By synthesizing the studies on children’s health, learning, and media interactions, I’ve concluded that we as parents could do the most good for our children by focusing on the three C’s—content, context, and the individual child.
Assumption 4: Scary movies and TV shows just go over children’s heads.
What the research shows: Scary programs influence children’s sleep and more.

In my interviews and conversations with parents, I have come across a fair proportion who don’t worry about showing their preschoolers movies or TV shows that were made for older children and adults. Their children, they say, don’t seem to be bothered by moments of aggression or distressing scenes. And surely they are too young to really understand what they are seeing anyway.

But research on the content of TV and video programs watched by young children suggests that parents may want to pay more attention to what appears on their TV set or tablet after all. A growing number of studies are finding links between children’s cognitive development and “adult-directed television” (think C.S.I., the evening news, or even PG-rated movies that have scary scenes). A study at Georgetown University, for example, gathered data on family media habits and tracked children’s growth over several years (Barr et al. 2010). It found that children who performed poorly on cognitive tests at age 4 were the same children who were put in front of adult-directed TV when they were 1 year old. Poor scores also were linked to the watching of these programs at age 4. One theory is that when watching adult-directed TV, children’s minds are in fact quite busy trying to figure out what is going on, but the scenes and characters are appearing faster than they can fully understand and mentally process given how little background knowledge they have to draw upon.

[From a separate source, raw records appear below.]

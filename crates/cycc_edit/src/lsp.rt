// The language server over the standard streams: it ends when it is told to, or when nothing more comes.

use crate::files::bytes_of;
use crate::frames_read::{Arrived, Received};
use command_line::status::{ENDED, FILE_FAULT, MEMORY, SUCCESS};
use editor_protocol::Message;
use language_server::Server;
use std::io::{Read, Write};
use std::{io, str};

/// How many bytes are read at once.
const PART: usize = 8192;

/// The most files that are read behind one message.
const MOST_FILES: u32 = 10_000;

/// Writes messages.
fn write_all(rt: &HostRuntime, messages: &[Message]) -> io::Result<()> {
    let mut out = rt.stdout();
    for message in messages {
        let frame = message.framed(rt.alloc())?;
        out.write_all(&frame)?;
    }
    out.flush()
}

/// The path of the file that a key names; none of what is no file.
fn path_of(key: &[u8]) -> Option<&str> {
    match key.strip_prefix(b"file://")? {
        [b'/', ..] => {}
        _ => return None,
    }
    str::from_utf8(key.strip_prefix(b"file://")?).ok()
}

/// The bytes of the file that a key names; none, where it can't be read.
fn file_of(rt: &HostRuntime, key: &[u8]) -> io::Result<Option<Vec<u8>>> {
    let Some(path) = path_of(key) else {
        return Ok(None);
    };
    match bytes_of(rt, path) {
        Ok(bytes) => Ok(Some(bytes)),
        Err(error) if error.kind() == io::ErrorKind::OutOfMemory => Err(error),
        Err(_) => Ok(None),
    }
}

/// Gives the server the files that it wants.
fn supply_all(rt: &HostRuntime, server: &mut Server) -> io::Result<()> {
    for _ in 0..MOST_FILES {
        let Some(key) = server.wanted()? else {
            break;
        };
        let bytes = file_of(rt, key.as_slice())?;
        let messages = server.supply(key, bytes)?;
        write_all(rt, messages.as_slice())?;
    }
    Ok(())
}

/// Answers what arrived.
fn answer(rt: &HostRuntime, server: &mut Server, arrived: Arrived) -> io::Result<()> {
    let messages = match arrived {
        Arrived::Body(body) => server.serve(body.as_slice())?,
        Arrived::Fault(code) => server.refuse(code)?,
    };
    write_all(rt, messages.as_slice())?;
    supply_all(rt, server)
}

/// Answers all that arrived whole. Each step takes at least one byte.
fn answer_all(rt: &HostRuntime, server: &mut Server, received: &mut Received) -> io::Result<()> {
    for _ in 0..received.len() {
        if server.ending().is_some() {
            break;
        }
        match received.take()? {
            Some(arrived) => answer(rt, server, arrived)?,
            None => break,
        }
    }
    Ok(())
}

/// Reads more, and answers whether there was something.
fn read_more(rt: &HostRuntime, received: &mut Received) -> io::Result<bool> {
    let mut part = [0u8; PART];
    let count = rt.stdin().read(&mut part)?;
    received.add(part.get(..count).unwrap_or(&[]))?;
    Ok(count > 0)
}

/// Reads and answers until the session has ended, and answers the status.
fn served(rt: &HostRuntime) -> io::Result<u8> {
    let mut server = Server::new(rt.alloc());
    let mut received = Received::new(rt.alloc());
    for _ in 0..u64::MAX {
        if !read_more(rt, &mut received)? {
            break;
        }
        answer_all(rt, &mut server, &mut received)?;
        if let Some(as_asked) = server.ending() {
            return Ok(if as_asked { SUCCESS } else { ENDED });
        }
    }
    Ok(ENDED)
}

/// Serves, and answers the status.
pub fn run(rt: &HostRuntime) -> u8 {
    match served(rt) {
        Ok(status) => status,
        Err(error) if error.kind() == io::ErrorKind::OutOfMemory => MEMORY,
        Err(_) => FILE_FAULT,
    }
}
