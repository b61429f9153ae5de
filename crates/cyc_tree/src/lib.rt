//! The syntax tree of a source text.
//!
//! `Program` holds every form of the language. A contract sees a program as the pure tree of
//! specs/Tree.antt, with no boxes, vectors or pointers in it; all definitions of the language speak
//! of that tree. Places are offsets in the text, in bytes; the end of the text is `END_OF_TEXT`.
//! specs/Operands and specs/Room say what the tree of each text has: an operator has its operands, and a word counts its temporaries.
//! `nesting` answers how deep a program's phrases nest.
#![tactic(auto)]

mod expression;
mod item;
mod laws;
mod name;
mod nested;
mod statement;

pub use expression::{Expression, Link, Made, Operator, Prefix, Suffix};
pub use item::{
    Bound, Bounds, Constant, END_OF_TEXT, Function, Global, Initial, Item, Member, Program,
    Structure,
};
pub use laws::deepest;
pub use name::{Base, Name, Pointer, RegionName, RegionNames, Sign, TypeName};
pub use nested::nesting;
pub use statement::{BlockItem, Clause, Declaration, Initializer, Pattern, Statement};
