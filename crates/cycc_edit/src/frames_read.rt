// Bytes that were read, and the frames in them.

use editor_protocol::{Code, Frame, frame_at};
use std::alloc::{AllocError, Global};

/// Bytes that were read and have not been taken yet.
pub struct Received {
    alloc: Global,
    bytes: Vec<u8>,
    /// How many of the bytes that come are passed over, since they are of a body that is too long.
    skipped: usize,
}

// Written out, so that a caller's proof sees one call and not the drop of each field.
impl Drop for Received {
    fn drop(self) {
        let Received {
            alloc: _,
            bytes: _bytes,
            skipped: _,
        } = self;
    }
}

/// What was received: the body of a message, or what is none.
#[derive(Drop)]
pub enum Arrived {
    Body(Vec<u8>),
    Fault(Code),
}

impl Received {
    /// Nothing so far.
    pub fn new(alloc: Global) -> Received {
        Received {
            alloc,
            bytes: Vec::new(alloc),
            skipped: 0,
        }
    }

    /// Leaves out the first bytes.
    fn cut(&mut self, count: usize) -> Result<(), AllocError> {
        let rest = self.bytes.get(count..).unwrap_or(&[]);
        self.bytes = Vec::from_slice(self.alloc, rest)?;
        Ok(())
    }

    /// Adds bytes that were read. Fails only where no host memory is left, as all of these.
    pub fn add(&mut self, bytes: &[u8]) -> Result<(), AllocError> {
        let passed = self.skipped.min(bytes.len());
        self.skipped -= passed;
        self.bytes.extend_from_slice(&bytes[passed..])
    }

    /// Takes a body.
    fn body(&mut self, begin: usize, end: usize) -> Result<Arrived, AllocError> {
        let bytes = self.bytes.get(begin..end).unwrap_or(&[]);
        let body = Vec::from_slice(self.alloc, bytes)?;
        self.cut(end)?;
        Ok(Arrived::Body(body))
    }

    /// Passes over a body that is too long: what of it was read, and what comes.
    fn pass_over(&mut self, begin: usize, length: usize) -> Result<Arrived, AllocError> {
        let end = begin.saturating_add(length);
        self.skipped = end.saturating_sub(self.bytes.len());
        self.cut(end)?;
        Ok(Arrived::Fault(Code::InvalidRequest))
    }

    /// Takes what stands first, where it is whole.
    pub fn take(&mut self) -> Result<Option<Arrived>, AllocError> {
        match frame_at(self.bytes.as_slice()) {
            Frame::Partial => Ok(None),
            Frame::Whole { begin, end } => Ok(Some(self.body(begin, end)?)),
            Frame::TooLong { begin, length } => Ok(Some(self.pass_over(begin, length)?)),
            Frame::Broken { end } => {
                self.cut(end)?;
                Ok(Some(Arrived::Fault(Code::ParseError)))
            }
        }
    }

    /// How many bytes there are.
    pub fn len(&self) -> usize {
        self.bytes.len()
    }
}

Research (Garrison & Christakis 2012) reported in the August 2012 issue of Pediatrics highlights another reason to pay attention to content: sleep schedules. Anyone with a young child understands how critical sleep can be—especially for parental sanity—so it’s worth examining whether exposure to violent content could interfere with bedtime and naptime. Using data from a randomized controlled trial with 565 families in Seattle, researchers Michelle Garrison and Dimitri Christakis at the University of Washington examined the impact of a parent-support program intended to help moms and dads choose age-appropriate and nonviolent media for their 3- to 5-year-olds.  

The program worked. Sleep problems declined for children of parents assigned to receive the support (coaching and educational materials) compared to those who didn’t. And the support was most effective for families that initially reported watching higher levels of violent media than other participating families. In other words, the mechanism for reducing sleep problems was the reduction in exposure to violent TV.

Assumption 5: E-books are distracting to young children.
What the research shows: It’s all about how they are used.

It’s true that many e-books for children come with so many bells and whistles that children merely click around on the screen without paying much attention to the storyline. It’s also true that some research has uncovered parents’ tendencies to focus on the technology (telling their kids when and where to click) and not the story when reading an e-book with their children. This is leading children to recall very little about what was read. In a small study conducted at Temple University, for example, “behavioral directives went through the roof” while reading comprehension sunk (Parish-Morris, Collins, & Hirsh-Pasek 2006).

But after reading these studies carefully, it becomes clear that at least two factors are at play: the design of the e-books and the behavior of the parents. Tackle these issues, and electronic books could be no different or better than printed books. Some e-book companies, for example, are designing picture e-books to favor highlighted text and engaging storylines over distracting playthings. As e-books become less of a novelty, parents may also become less inclined to order their children around on how to use them. A more positive approach to e-books, however, will require parents and educators to stress the importance of content, context, and the individual child (the Three C’s) in choosing media for our children.